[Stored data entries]

/---

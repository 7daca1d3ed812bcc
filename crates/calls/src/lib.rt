// Calls on both ends of the bus, given as bytes: one record a call; one call made, or a list of them, by the real leader and follower.
#![tactic(auto)]

ghost use Rattle.std.specs.Prelude.{◌≡◌, cond};
ghost use Rattle.effbd.specs.Answers.{said, afterwards};
ghost use Rattle.effbd.specs.Records.{length_at};
ghost use Rattle.calls.specs.CallList.{least_of, is_call};
ghost use Rattle.calls.specs.LiveEnds.{CallMade, CallsMade};

use effbd::Answer;

// The kinds of calls: numbers, since they are words of a list's bytes, of which `call_of` reads any.
pub const OFFER: u16 = 1;

pub const HAND: u16 = 2;

// How many moves the leader sent and the follower took.
#[derive(Clone, Copy)]
pub struct Counts {
    pub sent: u32,
    pub taken: u32,
}

// What both ends were given once: the leader's file, the follower's net, the station of both.
#[derive(Clone, Copy)]
pub struct Line<'a> {
    pub file: &'a [u8],
    pub net: &'a [u8],
    pub station: u16,
}

// What calls change: the states of both ends, and their counts.
#[derive(Drop)]
pub struct Ends<'a> {
    pub leader: &'a mut [u16],
    pub follower: &'a mut [u16],
    pub counts: Counts,
}

// The value of an answer: a refusal leaves what was there before.
fn value_after(answer: Answer, before: u32) -> u32
    ensures { result ≡ afterwards before (said answer) }
{
    answer.unwrap_or(before)
}

// The bytes that a call of a kind has at least: its head, and of an offer its code and argument.
fn least_length(kind: u16) -> Option<usize>
    ensures { result ≡ least_of kind }
{
    match kind {
        OFFER => Some(8),
        HAND => Some(4),
        _ => None,
    }
}

// The length of the call at the start of `rest`; none where the list ends there.
pub fn call_length(rest: &[u8]) -> Option<usize>
    ensures { result ≡ cond (is_call rest.now) (Some (length_at rest.now)) None }
{
    if rest.len() < 4 {
        return None;
    }
    let size = words::word(rest, 0) as usize;
    if rest.len() < size {
        return None;
    }
    if size < least_length(words::word(rest, 2))? {
        return None;
    }
    Some(size)
}

// Makes the call that the bytes of a record say: an offer writes its telegram into the record's own area.
pub fn make_call(line: &Line, ends: &mut Ends, call: &mut [u8]) -> Answer
    ensures { CallMade line.now ends.old call.old ends.new call.new (said result) }
{
    if words::word(call, 2) == OFFER {
        let code = words::word(call, 4);
        let argument = words::word(call, 6);
        let sent = ends.counts.sent;
        // A record that is cut short lends what it has.
        let start = call.len().min(8);
        let answer = bus_leader::offer(
            line.file,
            ends.leader,
            sent,
            line.station,
            code,
            argument,
            &mut call[start..],
        );
        ends.counts.sent = value_after(answer, sent);
        return answer;
    }
    let taken = ends.counts.taken;
    let answer = bus_follower::take(
        line.net,
        ends.follower,
        taken,
        line.station,
        words::tail(call, 4),
    );
    ends.counts.taken = value_after(answer, taken);
    answer
}

// Makes the calls of a list in turn, until no whole call is left.
pub fn make_calls(line: &Line, ends: &mut Ends, calls: &mut [u8])
    ensures { CallsMade line.now ends.old calls.old ends.new calls.new }
{
    let mut at: usize = 0;
    // At most as many calls as bytes.
    for _made in 0..calls.len() {
        let Some(size) = call_length(&calls[at..]) else {
            return;
        };
        // The answer stands in the counts.
        let _ = make_call(line, ends, &mut calls[at..at + size]);
        at += size;
    }
}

\---

Exercise requirements
Pull every line that holds the string "specs" out of the records.

Task result
ghost use Rattle.std.specs.Prelude.{◌≡◌, cond};
ghost use Rattle.effbd.specs.Answers.{said, afterwards};
ghost use Rattle.effbd.specs.Records.{length_at};
ghost use Rattle.calls.specs.CallList.{least_of, is_call};
ghost use Rattle.calls.specs.LiveEnds.{CallMade, CallsMade};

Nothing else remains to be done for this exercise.